My mother's example showed me that we must not become complacent with the world as it is, but rather we must envision the world as it should be. During the summer and fall of 2007, I took a leave of absence from college to work for the Obama campaign on the New Hampshire New Media team. As I blogged and edited videos of his daily events, I watched him draw people of all backgrounds. It was their stories that strengthened my faith in Obama's ability to transform this nation. It was the wife of a war veteran who held signs at rallies so that no other solder would share her husband's fate. It was the cancer patient who made phone calls to make sure that all Americans had affordable health care. It was the senior citizen who canvassed for hours in the pouring rain to ensure that his grandchildren would have a better future. Through them, I found that the things that bind us are greater than what divides us.

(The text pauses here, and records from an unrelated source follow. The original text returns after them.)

//! Declared names, environments and the counter of evaluations.
ghost use Rattle.std.specs.Prelude.{◌≡◌, ◌≤◌, ℕ, IfOk};
ghost use Rattle.poets_expr.specs.Asked.{one_more};
ghost use Rattle.poets_expr.specs.Env.{declared_of, itself};
ghost use Rattle.poets_expr.specs.code.Names.{value_of_name};

use poets_value::{Memory, Name, Ty, Value};
use std::collections::BTreeMap;
use std::marker::Model;

/// The declared agents and kinds: of each name `Ty::Agent` or `Ty::Kind`.
#[derive(Debug, PartialEq, Eq, Drop)]
pub struct Decls {
    pub names: BTreeMap<Name, Ty>,
}

/// Declared names, and pairs of which a later one hides an earlier. A declared name without a pair stands for itself.
#[derive(Clone, Copy)]
pub struct Env<'a> {
    pub decls: &'a Decls,
    pub pairs: &'a [(Name, Option<Value>)],
}

/// A count of evaluations, which stops at the greatest `u64`. Only `eval`, and what calls it, counts.
///
/// A function that is generic in `L` can make no counter of its own to put in place of the one that it was handed.
#[derive(Drop)]
pub struct Asks<L> {
    ledger: L,
    count: u64,
}

impl<L> Model for Asks<L> {
    ghost Value = { ℕ };

    ghost view = { λ a. a.count };
}

impl<L> Asks<L> {
    /// No evaluation yet. The ledger is any value: only its type counts.
    pub fn new(ledger: L) -> Asks<L>
        ensures { result ≡ 0 }
    {
        Asks { ledger, count: 0 }
    }

    /// How many evaluations there were.
    pub fn count(&self) -> u64
        ensures { result ≡ self.now }
    {
        self.count
    }

    // One evaluation more.
    pub(crate) fn one_more(&mut self)
        ensures count { self.new ≡ one_more self.old }
        ensures rises { self.old ≤ self.new }
    {
        self.count = self.count.saturating_add(1);
    }
}

impl Decls {
    /// An equal table, with the allocator of this one.
    pub fn copy(&self) -> Result<Decls, Memory>
        ensures { IfOk result (λ d. d.names.entries ≡ self.now.names.entries) }
    {
        Ok(Decls {
            names: self.names.clone()?,
        })
    }

    // What a declared name stands for.
    pub(crate) fn meaning(&self, name: Name) -> Option<Value>
        ensures { result ≡ itself name (declared_of self.now.names name) }
    {
        match self.names.get(&name) {
            Some(Ty::Agent) => Some(Value::Agent(name)),
            Some(Ty::Kind) => Some(Value::Kind(name)),
            _ => None,
        }
    }
}

impl Env<'_> {
    // What a name stands for.
    pub(crate) fn value(&self, name: Name) -> Option<Value>
        ensures { result ≡ value_of_name self.now name }
    {
        let mut value = self.decls.meaning(name);
        for pair in self.pairs {
            if pair.0 == name {
                value = pair.1;
            }
        }
        value
    }
}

Senator Obama is a leader who unifies this country around its common values. He is a visionary who will lead and reshape the nation rather than simply mend it. His candidacy is our chance to restore this simple dream for generations to come and imagine a better tomorrow. We imagine a future where our bold young men and women are no longer shipped overseas to fight a war that should never have been waged. We imagine a future in which senior citizens no longer have to cut pills and forgo medicine in order to afford their healthcare. We imagine a future in which we can save our planet and end our dependence on foreign oil. We imagine a future in which we can reclaim the American Dream for all people, of all religions, of all economic status, of all sexual orientations and all racial identities. Ultimately, Obama inspires us to realize that these desirable ends can only be accomplished if we come together as one nation.

As graduates walk across the stage this week to commemorate their time at Harvard, they turn the page of their own life stories. They imagine the endless opportunities to change the world and write the next great chapter of American history. Society is sure to meet these hopes with cynicism. Pundits are sure to embrace a politics of “No you can't.” They will surely posit that such dreams are na├»ve and irrational.

But that's what hope is for. The same hope that led my mother to cross an ocean to start all over. The same hope that millions of Americans continue to believe in as they imagine a brighter future. The same hope that Senator Obama has to offer all Americans. This is the hope that we as graduates must hold strong to. It is the ingredient that has brought us this far. And it is the fuel that moves us closer to the impossible.

Close your eyes and just imagine; because if it is possible now in your minds, it is possible out there.
Pretty inspiring—reminds me a bit of Obama, actually. Can we expect to see a future for Edward in politics? In any case, it looks like he and I both know who we'll be voting for come November. Yes we can.